I had three cortisone injections in an elbow, because of severe pain..(Tennis Elbow) with each shot came comfort but its duration was less and less. The doctor would no longer administer it as he said it caused damages to the ends of the muscles or ligaments. I eventually opted for surgery which fixed the problem...Also had a shot in my right shoulder which lasted for almost six months without pain and swelling...Good luck


----------



## SuperSlow (Feb 11, 2005)

I have had 2 shots into my hip socket for tendon damage. They are like magic. There are 2 drawbacks, 1... yes cortisone eats good tissue along with the bad, and 2....... the needle they use is about the length of a pencil. Make sure that you have a good sports medicine doc who uses an xray to make sure the needle is in the right place before they give you the cortisone.


----------



## prschatt (Aug 19, 2007)

Corticosteroid injections directly into tendons and ligaments, is usually not done as it can cause weakening and slowed healing in these structures. Further side effects are calcification of the tendons/ligaments leading to decreased range of motion, tearing followed by surgical repair. A bursa (bursitis) is inflammation of a fluid-filled sac/pad that is usually is found beneath the moving tendons. Repeated injections into actual joints (hips, knees shoulders etc) can cause something called "steroid arthropathy", the joint feels good and is used or over used which degrades the cartilage causing further damage. Steroids in higher doses may also delay healing w/in joints and can cause degradation.


----------



## Mel Erickson (Feb 3, 2004)

All true, but like most things, if used in moderation and under the care of a well informed doctor and patient corticosteroid injections are safe and effective at relieving inflammation and pain.


----------



## BCJek (Apr 7, 2006)

Have you determined the cause of the bursitis? I had fairly severe trochanteric bursitis that refused to go away despite various and sundry [non-drug] treatments. In the end, I realized it was from the way I was sleeping, not my cycling. I was getting the bursitis from sleeping on my side on a really hard bed [futon], and when I got a softer mattress and started sleeping in a modified position, the symptoms disappeared and have never come back. I guess I might have still blamed the cycling, in that it is the reason why I'm thin enough that a hard bed can give me bursitis.

Worth a look. 

Good luck with it, either way.

Michael


----------



## stoked (Aug 6, 2004)

My bursitis is from a car accident. I got side swiped by an idiot driver and car contacted me on left hip and shoulder area. After 5 months of PT pain was minor and almost gone. The pain came back and it became worse over time. I had pain when I walked. I stpped riding altogether 2.5 months ago and went to doctor. It is better now but not %100 gone. I keep up with stretching and it helps. It drives me nuts not being able to ride. I rode 25 miles today and felt it slightly but I did my pre and post ride stretches and a good warm up. I guess I need to find out if this thing is chronic and needs surgical removal. Thanks for all the advice on cortisone. It does not sound like a good fix and it could do more damage.


----------



## boltzmann (Sep 26, 2005)

Worked for me.

I had pain and swelling in left knee all Spring. Several times tried rest followed by slowly increased distance of riding with easy spinning but the pain and swelling still came back. I also was doing stretching and strengthening exercises all the time. This took months of trying this several times.

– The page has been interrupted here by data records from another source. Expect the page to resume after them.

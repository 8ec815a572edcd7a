// A plan that is saved, and loaded on another board.
use crate::asking::{admits_all, board_of, holds};
use board::board::Board;
use judges::demand::Demand;
use model::fault::Numbered;
use model::judge::Judge;
use model::row::Kind;
use placement::best::Best;
use std::test::Fail;
use store::load::load;
use store::save::save;

// The number of the refusal and its place, or zeros, which tests compare.
fn loaded<J: Judge, P>(board: &mut Board<J, P>, image: &[u8]) -> (u8, u16) {
    match load(board, image) {
        Ok(()) => (0, 0),
        Err(fault) => (fault.rule.number(), fault.place),
    }
}

fn saved<J, P>(board: &Board<J, P>, buffer: &mut [u8]) -> usize {
    save(board, buffer).unwrap_or(0)
}

fn damaged(image: [u8; 80], at: usize, byte: u8) -> [u8; 80] {
    let mut other = image;
    if at < 80 {
        other[at] = byte;
    }
    other
}

// Two heads and four records: 4 + 2 * 2 + 18 * 4 = 80 bytes. The first record, of (6, 10, 10), is at byte 8, its kind
// at 12 and its budget at 14. With budget 9 the shares of processor 1 are 9/10 + 3/20, above one.
#[test]
fn saved_and_loaded(rt: HostRuntime) -> Result<(), Fail> {
    let judge = Demand {
        steps: 1,
        refinements: 0,
    };
    let mut first = board_of(rt.alloc(), 2, judge, Best)?;
    assert!(rt; admits_all(&mut first, &[(1, 6, 10), (2, 6, 10), (3, 10, 20)]));
    let mut image = [0; 80];
    assert_eq!(rt; saved(&first, &mut image), 80);
    let mut second = board_of(rt.alloc(), 2, judge, Best)?;
    assert!(rt; admits_all(&mut second, &[(9, 1, 7)]));
    for (at, byte, number, place) in [
        (0, 2, 32, 0),
        (1, 3, 33, 0),
        (8, 5, 35, 1),
        (12, 9, 36, 1),
        (14, 9, 39, 1),
    ] {
        assert_eq!(rt;
            loaded(&mut second, &damaged(image, at, byte)),
            (number, place)
        );
        assert!(rt; holds(&second, 1, &[(9, Kind::Whole, 1, 7, 7)]) && holds(&second, 2, &[]));
    }
    assert_eq!(rt; loaded(&mut second, &image), (0, 0));
    assert!(rt;
        holds(
            &second,
            1,
            &[(1, Kind::Whole, 6, 10, 10), (3, Kind::Tail(1), 3, 3, 20)],
        )
    );
    assert!(rt;
        holds(
            &second,
            2,
            &[(2, Kind::Whole, 6, 10, 10), (3, Kind::Head, 7, 17, 20)],
        )
    );
    Ok(())
}
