#![tactic(auto)]

// Boards that are run: the limits, and worked examples of docs/rules.md with values worked out by hand.
#[cfg(test)]
mod asking;
#[cfg(test)]
mod chosen;
#[cfg(test)]
mod kept;
#[cfg(test)]
mod limits;
#[cfg(test)]
mod settings;
#[cfg(test)]
mod worked;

Finally got a steroid shot and started the process over again. Was able to build back my base level and started doing intervals after 2 months. Everything feels fine.

But - I took 2 months to build back slowly.


----------



## Len J (Jan 28, 2004)

They work but...........

I have had severe bursitis in both shoulders. I've had several cortesone shots (over time) because of this. But here is the deal. Cortisone is an antiinflammitory....it reduces the inflammation in the bursea, allowing the cause of the inflammation to heal itself. In order for this to happen, you need to not stress the area after the shot for a period of time......even though it feels better immediatly.

Do that & it will work.

len


----------



## Ed Leahy (Aug 10, 2004)

*Have you tried ultrasound therapy?*

It worked for my elbow bursitis and is not invasive. Cortisone is usually effective but has a lot of drawbacks.


----------



## stoked (Aug 6, 2004)

Ed Leahy said:


> It worked for my elbow bursitis and is not invasive. Cortisone is usually effective but has a lot of drawbacks.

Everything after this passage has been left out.